From a policy perspective, are these differences important? They aren’t stirring. These differences are statistically significant. In my view, they are not really substantively significant. Some of the differences among subgroups in the paper are larger, but none are particularly large. It’s actually quite hard to tell how large because the paper doesn’t tie the findings to real world outcomes. So students in online courses have slightly lower GPAs... how important are community college GPAs to real world outcomes? What size gaps are important? The authors don’t place the gaps they find in a substantive context.

Does this one study push the scale in favor of concerns about online learning and equity? Absolutely. How much does it push the scale? In my view, a small amount.
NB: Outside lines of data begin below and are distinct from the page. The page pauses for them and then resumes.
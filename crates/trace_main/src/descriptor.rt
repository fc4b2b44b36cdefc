//! A device's descriptors.

ghost use Rattle.std.specs.Prelude.{◌≡◌, ◌≤◌, [], length};
ghost use Rattle.trace_io.specs.Input.{longest_input};
ghost use Rattle.trace_io.specs.declared.words.Task.TheVariants.{Describe, Device};
ghost use Rattle.trace_main.specs.Program.{Begins, Performs};

use std::alloc::Global;
use std::io::Write;
use trace_descriptor::{description, device_lines};
use trace_io::{Fault, write_bytes};
use trace_run::TaskEnd;

/// Prints the lines of a device. Nothing is printed where its descriptor is refused.
#[tactic(auto, using(crate::proofs::Begun::no_device, crate::proofs::Reports::device_refused))]
pub(crate) fn device<W: Write>(alloc: Global, file: &[u8], out: &mut W) -> Result<TaskEnd, Fault>
    requires { length file.now ≤ longest_input }
    ensures ends { Performs Device file.now [] (W.contents out.old) (W.contents out.new) result }
    ensures begun { Begins Device file.now (W.contents out.old) (W.contents out.new) }
{
    let lines = device_lines(alloc, file)?;
    write_bytes(out, lines.as_slice())?;
    out.flush()?;
    Ok(TaskEnd::Good)
}

/// Prints descriptors as a table. Nothing is printed where they are refused.
#[tactic(auto, using(crate::proofs::Begun::no_table, crate::proofs::Reports::table_refused))]
pub(crate) fn describe<W: Write>(alloc: Global, file: &[u8], out: &mut W) -> Result<TaskEnd, Fault>
    requires { length file.now ≤ longest_input }
    ensures ends { Performs Describe file.now [] (W.contents out.old) (W.contents out.new) result }
    ensures begun { Begins Describe file.now (W.contents out.old) (W.contents out.new) }
{
    let table = description(alloc, file)?;
    write_bytes(out, table.as_slice())?;
    out.flush()?;
    Ok(TaskEnd::Good)
}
And the reporting about the study (like in Chronicle of Higher Ed or TechCrunch), by focusing on statistical significance rather than substantive significance, and without digging into the details of the findings, obscures this point. The uncommon way that statisticians use “significant” is at the heart of the problem.

The second problem with my summary is how I’ve subtly shifted the domain of the conversation. The study is about community college students taking traditional distance education courses. I then made a comment about how I’m alarmed about the potential problem with MOOCs. This isn’t really a responsible rhetorical move. This study about community college students doesn’t generalize very well to the experience of MOOC takers; the domains are too different to naively apply findings from one domain to the other (in this case). You can see this problem magnified in reverse sort of way in a recent New York Times Op-ed which cites the high attrition rates from MOOCs (where completion rates are often 10%) and then switches to raising concerns about community colleges in this study (where, on average, F2F persistence is 94% and online persistence is only 3% less, at 91% completing). I tip my hat to Russel Poulin at WCET Learn for drawing my attention to this problem with the Times Op-ed. When making these kinds of shift in ground, authors need to be responsible about explaining the intellectual leaps that they are making.

I think the CCRC authors have published a great study. I think it’s a nice contribution. I think they insufficiently qualify their findings. I think journalists reporting the study are echoing their insufficiently qualified findings. I think the public is not served well by these patterns, even as I think that the argument that the CCRC authors are making is tremendously important.

Lessons: 1) understand how statisticians and researchers use the word significant to mean “demonstrably different” rather than “substantively, importantly different. 2) Be careful as people use the findings from one domain to make claims about another.